Few Contribute To Aussie Classification Review
dopeywan.kenobi writes "The Australian Law Reform Commission are conducting a review of the Australian Classification laws, the outcome of which will influence Australian internet filtering and/or the long awaited R18+ Video Game classification. Public submissions on the matter have been accepted since 20th May 2011 and will close on the 15th July 2011. From the article : '[A]s yet only 80 public submissions have been made — 80 per cent of them from people who believe in government intervention for the sake of child protection. Considering, the furious debates within Australia's technology communities, does this reflect the national balance?...'It's likely down to the media for failing to inform the public on the matter.' Having read the questionnaire, I can't help but wonder if their convoluted phrasing is contributing to reports that people are only partially completing the form without submitting." I wonder how much of it, too, is that people don't want to be tarred as favoring child pornography just because they're uncomfortable with by-domain censorship.
Since the story hit kotaku there are now 547 submissions
Any Aussies should go to http://www.alrc.gov.au/content/classification-online-submission to fill it out while keeping the report side by side, and working through them together. Its the easiest way.
The report is linked at the top, and you have to register as well.
Cheers
Kactus
Additionally, despite the claim that the main aim of the filter is to block child pornography, only 313 of the 977 total sites blocked is on the basis of child porn. At $40M AU so far in taxpayers funds, the cost so far is around $40,900 per blocked URL. Government efficiency at work...
40 thousand dollars per URL. I think that's really all that needs to be said. Even if every one of those URLs was related to child pornography, I'm sure that spending the $40 million on actually catching people who abuse children would be an infinitely better allocation of resources.
At what stage do you think media hysteria bombarded you sufficiently - as it has done with so many people - to think an image of child abuse is a special case, so much worse than any other sequence of bits which acts as evidence that some abuse has taken place? What about a picture/film of adult sexual abuse? If the adult is developmentally retarded? Animal abuse? A snuff film? An image of a dead baby? A woman executed for being raped? A war crime? Evidence of genocide?

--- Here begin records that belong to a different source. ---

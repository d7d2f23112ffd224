//! Codes of an image, read.

use ux_base::Lst;
use ux_dawg::Items;
use ux_dela::Codes;
use ux_image::Pair;

/// A code, with its printed codes read.
#[derive(Drop)]
pub struct ReadCode {
    /// How the lemma is made of the form.
    pub pairs: Items<Pair>,
    /// The grammatical, semantic and inflection codes.
    pub codes: Codes,
}

/// The codes of a form.
#[derive(Drop)]
pub struct ReadList {
    /// The codes, in order.
    pub codes: Lst<ReadCode>,
}
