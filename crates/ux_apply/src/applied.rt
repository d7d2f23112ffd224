//! Dictionaries applied to a text.

ghost use Rattle.std.specs.Prelude.{IfOk};
ghost use Rattle.ux_lexical_tables.specs.Belonging.{Belongs};
ghost use Rattle.ux_apply.specs.Applying.{contents};
ghost use Rattle.ux_apply.specs.Applied.{AreApplied};

use crate::compounds::compounds;
use crate::numbered::{ask_each, first_places, word_numbers};
use crate::priority::Priority;
use crate::tagged::tagged;
use crate::unknown::unknown_numbers;
use std::alloc::Global;
use ux_alphabet::Alphabet;
use ux_base::Mem;
use ux_lexical_tables::LexicalTables;
use ux_lexicon::Lexicon;
use ux_tokens::Text;

/// The entries of the dictionaries that apply to the text, by the priorities of these.
pub fn apply<L: Lexicon>(
    alloc: Global,
    text: &Text,
    alphabet: &Alphabet,
    dics: &[(Priority, L)],
) -> Mem<LexicalTables>
    ensures applied { IfOk result
        (AreApplied alphabet.now (contents L.content dics.now) text.now) }
    ensures belongs { IfOk result (Belongs alphabet.now text.now) }
{
    let places = first_places(alloc, text)?;
    let asked = ask_each(alloc, text, &places, alphabet, dics)?;
    let compounds = compounds(alloc, text, &asked.starts, alphabet, dics)?;
    let words = word_numbers(alloc, text)?;
    let tags = tagged(alloc, text, alphabet)?;
    let unknown = unknown_numbers(alloc, &words, &asked.entries)?;
    Ok(LexicalTables::from_parts(words, asked.entries, tags, compounds, unknown))
}
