//! The list of a form, by its letters.

ghost use Rattle.std.specs.Prelude.{◌≡◌, ◌↔◌, ◌<◌, ℕ, [], IfSome, Some, length};
ghost use Rattle.std.specs.Str.{chars};
ghost use Rattle.ux_dawg.specs.Paths.{Accepts, IsPath, IsStep, MakeAutomaton};

use ux_dawg::States;

/// The number of the list of the form that is the text, if one is. Halves the edges of each state on
/// the way, and takes no memory.
pub(crate) fn number_of(states: &States, text: &str) -> Option<u32>
    requires { MakeAutomaton states.now }
    ensures { (c : ℕ) → (result ≡ Some c) ↔ Accepts states.now (chars text.now) c }
{
    let mut number = states.len() - 1;
    for c in text.chars() {
        number = step(states, number, c)? as usize;
    }
    code_at(states, number)
}

/// The number of the list of the state of this number, if a form ends there.
fn code_at(states: &States, number: usize) -> Option<u32>
    requires { number < length states.now }
    ensures { (c : ℕ) → (result ≡ Some c) ↔ IsPath states.now number [] c }
{
    states.code(number)
}

/// The number of the state to which the character leads.
fn step(states: &States, number: usize, letter: char) -> Option<u32>
    requires automaton { MakeAutomaton states.now }
    requires within { number < length states.now }
    ensures step { (t : ℕ) → (result ≡ Some t) ↔ IsStep states.now number letter t }
    ensures within { IfSome result (λ t. t < length states.now) }
{
    states.step(number, letter)
}
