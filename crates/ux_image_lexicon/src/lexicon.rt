//! A dictionary that stays an automaton: that of its image, or one that was made of a file of forms.
//!
//! `read_image` reads one, and `of_text` makes one; each look-up makes the entries that it finds.

ghost use Rattle.std.specs.Prelude.{◌≡◌, ◌⊎◌, ◌↔◌, ◌<◌, ◌^◌, ℕ, List, [], All, IfErr, IfOk, IsTrue, MatchOption, length};
ghost use Rattle.ux_alphabet.specs.Letters.{Letters};
ghost use Rattle.ux_dawg.specs.Paths.{MakeAutomaton};
ghost use Rattle.ux_dela.specs.Sound.{IsSound};
ghost use Rattle.ux_dict.specs.Content.{IsDictionary};
ghost use Rattle.ux_dict.specs.Forms.{IsFitting, MayBegin, count_of, longest_of};
ghost use Rattle.ux_image_content.specs.Files.{IsImageContent, IsImageFile, RefusesImage};
ghost use Rattle.ux_image_content.specs.Contents.{IsContentOf};
ghost use Rattle.ux_image_reader.specs.declared.error.ImageError.{ImageError as ErrorData};
ghost use Rattle.ux_image_reader.specs.declared.error.ImageError.TheVariants.{NoMemory};
ghost use Rattle.ux_image_lexicon.specs.Places.{IsReachedInImage};
ghost use Rattle.ux_image_lexicon.specs.Told.{content_in};

use crate::coded::Coded;
use crate::counts::{Counts, count};
use crate::entries::codes_at;
use crate::finding::number_of;
use crate::lists::read_lists;
use crate::reached::ImageReached;
use std::alloc::Global;
use std::marker::Model;
use ux_alphabet::Alphabet;
use ux_base::Mem;
use ux_dela::Entry;
use ux_image_content::read_image as read_whole;
use ux_image_lists::Image;
use ux_image_look_ups::{begin, longest};
use ux_image_reader::ImageError;

/// A dictionary that stays an automaton, seen as its content: the entries that the automaton tells with
/// its lists of codes, each once, in ascending order of their forms and in the order of each form's codes.
#[derive(Drop)]
pub struct ImageLexicon {
    pub(crate) coded: Coded,
    /// The length in characters of the longest form.
    pub(crate) longest: usize,
    /// How many entries there are.
    pub(crate) counts: Counts,
}

impl Model for ImageLexicon {
    ghost use Rattle.std.specs.Prelude.{List};
    ghost use Rattle.ux_dela.specs.declared.entry.Entry.{Entry};
    ghost use Rattle.ux_image_lexicon.specs.Told.{content_in};

    ghost Value = { List Entry };

    ghost view = { λ lexicon. content_in lexicon.coded };

    ghost use Rattle.std.specs.Prelude.{◌≡◌};
    ghost use Rattle.ux_dict.specs.Forms.{longest_of};
    ghost use Rattle.ux_image_lexicon.specs.Counting.{AreCounts};

    ghost invariant = { λ lexicon. (lexicon.longest ≡ longest_of (content_in lexicon.coded))
        × AreCounts lexicon.coded lexicon.counts };
}

/// The dictionary of an image, or the first fault of the file. The time is linear in the file where
/// the codes of each list differ in more than the lemma. Else it is linear also in the beginnings of
/// forms that lead to other lists, with the letters that come next, and in the letters of the forms of
/// these lists, each counted for each of its codes. The memory is linear in the file, and in the
/// letters of those forms of which two codes make one entry. An image that `ux_image` makes has no such
/// form.
pub fn read_image(alloc: Global, bytes: &[u8]) -> Result<ImageLexicon, ImageError>
    requires { length bytes.now < 2 ^ 32 }
    ensures ok { IfOk result (IsImageContent bytes.now) }
    ensures kept { IfOk result IsDictionary }
    ensures exact { IfOk result (λ _. (error : ErrorData) → RefusesImage bytes.now error → ⊥) }
    ensures err { IfErr result (λ error. (error ≡ NoMemory) ⊎ RefusesImage bytes.now error) }
{
    let image = read_whole(alloc, bytes)?;
    Ok(ImageLexicon::of(alloc, image)?)
}

impl ImageLexicon {
    /// The dictionary of an image.
    fn of(alloc: Global, image: Image) -> Mem<ImageLexicon>
        requires file { (bytes : List ℕ) × IsImageFile bytes image }
        requires automaton { MakeAutomaton image.states }
        ensures content { IfOk result (IsContentOf image) }
        ensures kept { IfOk result IsDictionary }
    {
        let lists = read_lists(alloc, &image.lists)?;
        ImageLexicon::of_coded(alloc, Coded::new(image.states, lists))
    }

    /// The dictionary of an automaton and its lists.
    fn of_coded(alloc: Global, coded: Coded) -> Mem<ImageLexicon>
        ensures content { IfOk result (λ lexicon. lexicon ≡ content_in coded) }
        ensures kept { IfOk result IsDictionary }
    {
        let longest = longest(alloc, coded.states())?;
        let counts = count(alloc, &coded)?;
        Ok(ImageLexicon {
            coded,
            longest,
            counts,
        })
    }

    /// Where the empty text leads.
    pub fn begin(&self, alloc: Global) -> Mem<ImageReached<'_>>
        ensures { IfOk result (λ reached. (alphabet : Letters) →
            IsReachedInImage alphabet self.now [] reached) }
    {
        Ok(ImageReached {
            coded: &self.coded,
            states: begin(alloc, self.coded.states())?,
        })
    }

    /// Where the text leads.
    fn reached(&self, alloc: Global, text: &str, alphabet: &Alphabet) -> Mem<ImageReached<'_>>
        ensures { IfOk result (λ reached.
            IsReachedInImage alphabet.now self.now text.now reached) }
    {
        let start = self.begin(alloc)?;
        start.go_on(alloc, text, alphabet)
    }

    /// The entries whose form fits the text character by character, in the order of the content.
    /// Halves the edges of each state on the way, or takes a look at each where several letters fit
    /// the character, once for each state to which the text leads, and makes the entries that are
    /// found.
    pub fn fitting(&self, alloc: Global, text: &str, alphabet: &Alphabet) -> Mem<Vec<Entry>>
        ensures found { IfOk result (λ found.
            IsFitting alphabet.now text.now self.now found.items) }
        ensures sound { IfOk result (λ found. All IsSound found.items) }
    {
        self.reached(alloc, text, alphabet)?
            .ending(alloc, text, alphabet)
    }

    /// Whether some form begins with characters that fit the text, one by one. Where none does, no
    /// longer text has a fitting form.
    pub fn may_begin(&self, alloc: Global, text: &str, alphabet: &Alphabet) -> Mem<bool>
        ensures { IfOk result (λ may. IsTrue may ↔ MayBegin alphabet.now text.now self.now) }
    {
        let reached = self.reached(alloc, text, alphabet)?;
        Ok(reached.may_go_on())
    }

    /// The number of entries of exactly this form, if there is one. Halves the edges of each state on
    /// the way, and takes no memory.
    pub fn exact(&self, form: &str) -> Option<usize>
        ensures { MatchOption result (count_of form.now self.now ≡ 0)
            (λ count. (count ≡ count_of form.now self.now) × (0 < count)) }
    {
        let number = number_of(self.coded.states(), form)?;
        let codes = codes_at(self.coded.lists(), number);
        Some(self.counts.of(form, codes.len()))
    }

    /// The length in characters of the longest form, 0 where there is none. Is kept.
    pub fn longest(&self) -> usize
        ensures longest { result ≡ longest_of self.now }
        ensures kept { IsDictionary self.now }
    {
        // The states are those of a dictionary, which the second clause rests on.
        let _states = self.coded.states();
        self.longest
    }

    /// The number of entries. Is kept.
    pub fn count(&self) -> usize
        ensures number { result ≡ length self.now }
        ensures kept { IsDictionary self.now }
    {
        // The states are those of a dictionary, which the second clause rests on.
        let _states = self.coded.states();
        self.counts.total()
    }
}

Ask yourself whether your concern is with the image or with the discomfort you feel that someone enjoys the image. Then realise that people may enjoy any or all of the above. Then realise that almost all sexual abuse occurs within families or by other people in trusted caring roles - if you want to use a sledgehammer to crack a nut, you would stop far more child sexual abuse by outlawing the family unit.
The noncommercial distribution of CP seems reasonably to be a privacy issue for the child, as any photo/video taken without consent. Beyond that, all the resources should go toward identifying and stopping the abusers and helping the victims. To inform the abused that money which you are claiming to be using in their interest is going to be invested in pushing images of his/her abuse underground (and as the thin end of the wedge for general censorship) is not only illogical, but cruel.
Also, let's be clear here: the IWF, one of the oldest Internet censorship frameworks in the Western world, doesn't even claim that its aim in blocking is to stop CP (it does help stop CP by acting as a clearinghouse for CP reports and sending evidence to authorities at home and abroad - but that's where its helpfulness ends). It claims that its blocking list is provided to stop people "accidentally" viewing CP. This shows how absurd the situation is: surely the correct response to accidentally doing something which isn't dangerous is to learn from your mistakes so you know how to minimise your chances of doing it again? But no, we're at the "punished for being raped" stage of hysteria, where I must worry about the legal implications of accidentally stumbling into CP. It's not that a single such incident is likely to lead to conviction, but that - in the UK at least - a single such incident may lead to arrest, and my arrest record can be studied by pretty much any potential employer.
Any good government knows how to make anyone a criminal or quasi-criminal at its whim. This is just another method. It has nothing whatever to do with stopping child abuse, and I say that as someone who has fundraised for kids' charities and supported certain groups for abuse survivors for as long as I can recall.